Fine Gael leadership contender Simon Coveney has insisted he can win the support of seven TDs and MEPs who have not declared — turning the election into a ‘knife-edge’ contest.
The housing minister made the comments as he said he could turn “half a dozen” of rival Leo Varadkar’s supporters at a grassroots meeting notably attended by still undeclared MEP, Mairead McGuinness.
Speaking to reporters at the latest grassroots Fine Gael meeting in Co Cavan last night, Mr Coveney remained in bullish mood, saying despite the obstacles facing him, he still believes an unlikely leadership win is possible.
Mr Coveney admitted that while he remains far behind Mr Varadkar in terms of public declarations of support by TDs, senators, and MEPs, he is convinced this will change when the head-to-head debates with his rival take place from Thursday to Sunday.
Mr Coveney said he will do “very well” out of the undeclared seven TDs and MEPs who have yet to decide who they will support.
They include Ms McGuinness, who Mr Coveney last night noted attended the Cavan meeting, and that “if I say anything nice about her, I’ll be accused of canvassing”.
Mr Coveney also said he believes supporters of Mr Varadkar “put under huge pressure” may turn, and that if “half a dozen” do so, the race will be “on a knife edge”.
He said this can begin with the four nights of debates with Mr Varadkar which begin tomorrow, and which he says he can win:
“Yes, I do,” he said when asked about winning the upcoming debates.
“[Agriculture Minister] Michael Creed isn’t the only person who has done that [remainss silent].
“There are a number of others as well and I think I will do pretty well among that group of TDs who have decided to keep their voting intentions to themselves,” he said, adding a debate win could help win retrieve “half a dozen” Varadkar supporters.
“I think I need to win back some of them but I’m not going to start naming names publicly and then start putting them under the spotlight of huge pressure, that wouldn’t be a very clever strategy from my point of view,” he said.

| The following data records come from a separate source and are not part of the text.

// Subgraphs and nodes: how they look, and which rows of a window they touch.
#![tactic(auto)]

pub mod frames;
pub mod nodes;
pub mod subgraphs;

// How a node looks.
#[derive(Clone, Copy)]
pub enum Look {
    // a dummy that is not shown: nothing
    Hidden,
    // a dummy that is shown: its marker and nothing else
    Dummy,
    // a box of strokes with the label's fitting part in it
    Box,
    // the label between brackets, on the node's first row
    Simple,
    // nothing but its self-loop
    Blank,
}
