// The border of a subgraph, its label's row and fitting part, and the rows of a window that it touches.
ghost use Rattle.std.specs.Prelude.{◌≡◌};
ghost use Rattle.frame.specs.Subgraphs.{has_border, has_label, label_row};
ghost use Rattle.frame.specs.Computed.{label_inks, border_rows, label_rows, subgraph_rows};

use crate::frames;
use image::{LabelPosition, Subgraph};
use rows::{Rows, Window};

// "Border if width and height ≥ 2"
pub fn has_border(s: Subgraph) -> bool
    ensures { result ≡ has_border s }
{
    if s.border.is_arm() {
        frames::at_least(s.width, 2, s.height, 2)
    } else {
        false
    }
}

// "if nonempty, width ≥ 4, height ≥ 3"
pub fn has_label(s: Subgraph, label: &[u32]) -> bool
    ensures { result ≡ has_label s label.now }
{
    if 0 < label.len() {
        frames::at_least(s.width, 4, s.height, 3)
    } else {
        false
    }
}

// "on row y + 1 or y + height − 2"
pub fn label_row(s: Subgraph) -> usize
    ensures { result ≡ label_row s }
{
    let position = s.position;
    match position {
        LabelPosition::InsideTop => ground::number(s.y) + 1,
        LabelPosition::InsideBottom => ground::minus(
            ground::number(s.y) + ground::number(s.height),
            2,
        ),
    }
}

// Whether the label makes a glyph of width 1 or 2.
fn label_inks(ranges: &[u32], s: Subgraph, label: &[u32]) -> bool
    ensures { result ≡ label_inks ranges.now s label.now }
{
    if has_label(s, label) {
        frames::any_ink(ranges, frames::fitting_part(ranges, s.width, label))
    } else {
        false
    }
}

// The rows of the border, where there is one.
fn border_rows(window: Window, s: Subgraph) -> Option<Rows>
    ensures { result ≡ border_rows window s }
{
    if has_border(s) {
        frames::box_rows(window, s.y, s.height)
    } else {
        None
    }
}

// The row of the label, where it makes ink.
fn label_rows(window: Window, ranges: &[u32], s: Subgraph, label: &[u32]) -> Option<Rows>
    ensures { result ≡ label_rows window ranges.now s label.now }
{
    if label_inks(ranges, s, label) {
        let row = label_row(s);
        window.clip(row, row)
    } else {
        None
    }
}

// The rows of a window that a subgraph touches, from the first to the last.
pub fn subgraph_rows(window: Window, ranges: &[u32], s: Subgraph, label: &[u32]) -> Option<Rows>
    ensures { result ≡ subgraph_rows window ranges.now s label.now }
{
    rows::join(border_rows(window, s), label_rows(window, ranges, s, label))
}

Meanwhile, Mr Coveney repeatedly declined to give his view on Mr Varadkar’s track record in a series of portfolios when in Government.
However, asked specifically about his rival’s suggestion that he will scrap the help to buy scheme championed just last autumn by the housing minister if elected, Mr Coveney agreed with a reporter the view is a “ball of smoke”.
“Yes, I would say so. There is already a review going on of that, just like there is a review of a whole range of things within the housing plan because it is so significant we want to make sure that is working and taking effect.
“I don’t think there was anything new in what Leo said, so I don’t quite know why he put it into the document.
“There is a review, as you’d expect,” he said.